One more rate cut might be on the horizon before the year ends
Last week, inflation in the U.K. rose at the stable pace of 0.6 percent per year to August versus an expected 0.7 percent. Core inflation also remained unchanged at 1.3 percent year-on-year, compared to the expected 1.4 percent. Although the latest figures did not meet market expectations, the rising import price pressure due to a weaker pound, should gradually feed into the domestic price dynamics.
In the long term, the Bank of England is aiming to achieve inflation growth of 2 percent while trying to assure markets that the bank is ready to take the necessary action despite the U.K.’s decision to leave the EU back in June.
The Bank of England Monetary Policy Committee (MPC) last week preferred to sit and watch the implication of its package brought out in August. The bank rate is already at the bottom of the range, 0.25 percent, and the Bank of England is already targeting to buy a massive £435 billion worth of sovereign bonds.
In addition, it will start purchasing corporate bonds on Sept. 27 with the aim of buying up to £10 billion worth of bonds over the next 18 months.
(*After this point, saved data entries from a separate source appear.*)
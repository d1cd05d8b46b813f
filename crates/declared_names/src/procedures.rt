ghost use Rattle.std.specs.Prelude.{◌≡◌, ◌++◌, ◌∷◌, IfOk, OnOk, map};
ghost use Rattle.std.specs.Option.{option_map};
ghost use Rattle.algolw_tree.specs.View.{formal_tree, spec_tree};
ghost use Rattle.algolw_typing.specs.Scopes as scopes;
ghost use Rattle.algolw_typing.specs.Verdicts as verdicts;
ghost use Rattle.typing_rules.specs.View as view;
ghost use Rattle.algolw_typing.specs.Typing.{typed_formals};
ghost use Rattle.typed_findings.specs.Findings.{as_type, finding_view, formals_found};
ghost use Rattle.algolw_typing.specs.Naming.{nothing};
ghost use Rattle.typed_findings.specs.Noted.{Notes};
ghost use Rattle.declared_names.specs.Heads.{IsHead, verdict_of};

use crate::declarations::{formal_faults, log_formals, result_faults, result_type};
use crate::path::KnownPath;
use algolw_tree::{Formal, TypeSpec};
use bumpalo::Bump;
use std::alloc::AllocError;
use typed_findings::{Finding, Log};
use typing_rules::{NoType, ValueType, Verdict, procedure_row};
use value_ops::Place;

/// What is found of a procedure before its body.
#[derive(Clone, Copy)]
pub struct Head<'a> {
    /// Whether the type of its value, as it is written, has no fault.
    pub is_sound: bool,
    /// The type of its value, where it has one.
    pub result: Option<ValueType<'a>>,
}

/// Finds what stands before the body. Adds the faults in it but those of its formals' names, and the findings of its types.
pub fn read_head<'a>(
    arena: &'a Bump,
    path: &KnownPath<'_, '_, 'a>,
    value_type: &Option<TypeSpec>,
    formals: &[Formal],
    log: &mut Log<'a>,
) -> Result<Head<'a>, AllocError>
    ensures faults { OnOk result (log.new.faults.items ≡ log.old.faults.items
        ++ scopes.result_faults path.now (option_map spec_tree value_type.now)
        ++ scopes.formal_faults path.now (map formal_tree formals.now)) }
    ensures findings { OnOk result (map finding_view log.new.findings.items
        ≡ map finding_view log.old.findings.items
        ++ as_type (scopes.result_type path.now (option_map spec_tree value_type.now))
        ∷ formals_found (typed_formals path.now (map formal_tree formals.now))) }
    ensures notes { OnOk result (Notes log.old log.new nothing) }
    ensures head { IfOk result (λ h. IsHead h path.now (option_map spec_tree value_type.now)) }
{
    let before = log.faults.len();
    result_faults(path, value_type, &mut log.faults)?;
    let is_sound = log.faults.len() == before;
    formal_faults(path, formals, &mut log.faults)?;
    let result = result_type(arena, path, value_type)?;
    log.add(Finding::of_type(result))?;
    log_formals(arena, path, formals, log)?;
    Ok(Head { is_sound, result })
}

/// The verdict of a procedure, at `PROCEDURE`: its body gives what its head says.
pub fn procedure_verdict<'a>(place: Place, head: Head<'a>, body: Verdict<'a>) -> Verdict<'a>
    ensures { view.verdict result ≡ verdict_of place head.entry.is_sound
        (option_map view.value_type head.entry.result) (verdicts.type_of (view.verdict body.entry)) }
{
    match body {
        Ok(gives) if head.is_sound => procedure_row(place, head.result, gives),
        _ => Err(NoType::Silent),
    }
}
However, the Bank of England hinted that there could be another rate cut before the year ends. The bank said in the monetary policy summary, “If, in light of that fully updated assessment, the outlook at that time is judged to be broadly consistent with the August Inflation Report projections, a majority of members expect to support a further cut in the bank rate to its effective lower bound at one of the MPC’s forthcoming meetings during the course of this year. The MPC currently judges that this is bound to be close to, but a little above zero.”
On the other hand, the ammunition from the Bank of England seems rather limited, as the interest rate is already at a record low at 0.25 percent. The Governor of Bank of England, Mark Carney, is known not to be fond of taking the interest rate down to negative territory from his statements in August.
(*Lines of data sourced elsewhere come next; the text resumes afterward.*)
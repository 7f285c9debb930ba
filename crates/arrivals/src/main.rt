// Samples of interleaved streams (02, T-07), through the public call: messages that interleave, slots, and what each kind of packet does. A
// line for each, `ok` or `WRONG`.
#![tactic(auto)]

use compare::report;
use std::io;

mod interleaved;
mod slots;
mod streams;

// Messages that interleave.
fn report_interleaved(rt: &impl Print) -> io::Result<()> {
    for (name, right) in [
        ("two ports", interleaved::two_ports()),
        ("two stream ids", interleaved::two_ids()),
        ("two groups", interleaved::two_groups()),
        ("16 streams, 12 and 4", interleaved::sixteen()),
        ("16 streams, parts filled", interleaved::sixteen_full()),
    ] {
        report(rt, name.as_bytes(), right)?;
    }
    Ok(())
}

// How many streams are open.
fn report_slots(rt: &impl Print) -> io::Result<()> {
    for (name, right) in [
        ("Share: a 13th of a port", slots::share()),
        ("Full: 12 and 4, one more", slots::full()),
        ("Full: 8 and 8, one more", slots::full_of_equals()),
        ("Share, Full, Room in order", slots::order()),
        ("four beside twelve", slots::fewer_than_four()),
        ("restarts at 12 and at 16", slots::restarts()),
        ("slots and words used again", slots::used_again()),
        ("a port's slots used again", slots::share_again()),
        ("complete takes no slot", slots::complete_takes_none()),
    ] {
        report(rt, name.as_bytes(), right)?;
    }
    Ok(())
}

// What each kind of packet does.
fn report_streams(rt: &impl Print) -> io::Result<()> {
    for (name, right) in [
        ("restart", streams::restart()),
        ("complete closes its stream", streams::complete_closes()),
        ("complete without a stream", streams::complete_alone()),
        ("complete without room", streams::complete_without_room()),
        ("unexpected end, valid", streams::valid_end()),
        ("unexpected end, invalid", streams::invalid_end()),
        ("the same, nothing lent", streams::invalid_end_alone()),
        ("Closed, before Room", streams::closed()),
        ("Closed beside open streams", streams::closed_beside()),
    ] {
        report(rt, name.as_bytes(), right)?;
    }
    Ok(())
}

// Writes a line for each sample.
fn main(rt: HostRuntime) -> io::Result<()> {
    report_interleaved(&rt)?;
    report_slots(&rt)?;
    report_streams(&rt)?;
    Ok(())
}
“I’m not a fan of a negative interest rate. We see the negative consequences of them through the financial system; we’ve seen that in other jurisdictions; we see the issues with savers,” Carney said.
Undoubtedly, the bank will be following the steps of the Japan’s Central Bank (BoJ) and the U.S. Fed as well. The market assesses a 20 percent probability for the Fed to raise interest rates this week. This means that a clear majority is still not ready to absorb higher U.S. rates, yet the accompanying statement will be important as it is expected to hint at the Fed’s intentions on the future of its monetary policy.
Last week, according to a Bloomberg report, U.K. Chancellor of the Exchequer Philip Hammond said he is ready to accept that Britain may have to give up membership of the European Union’s single market — and U.K. banks’ crucial access to clients on the continent — to achieve the immigration restrictions that voters have demanded, according to two officials familiar with his thinking.
The impact of losing ‘passporting’ rights under EU law would be manageable for rated banks” which might bring relief to the banks.
“The impact of a formal withdrawal of the U.K. from the European Economic Area (EEA) -- and the subsequent loss of passporting rights granted under European Union (EU) law would likely be manageable for most U.K.-based financial firms (including branches and subsidiaries of non-EU firms), as well as for EU firms with a presence in London,” according to Moody’s report.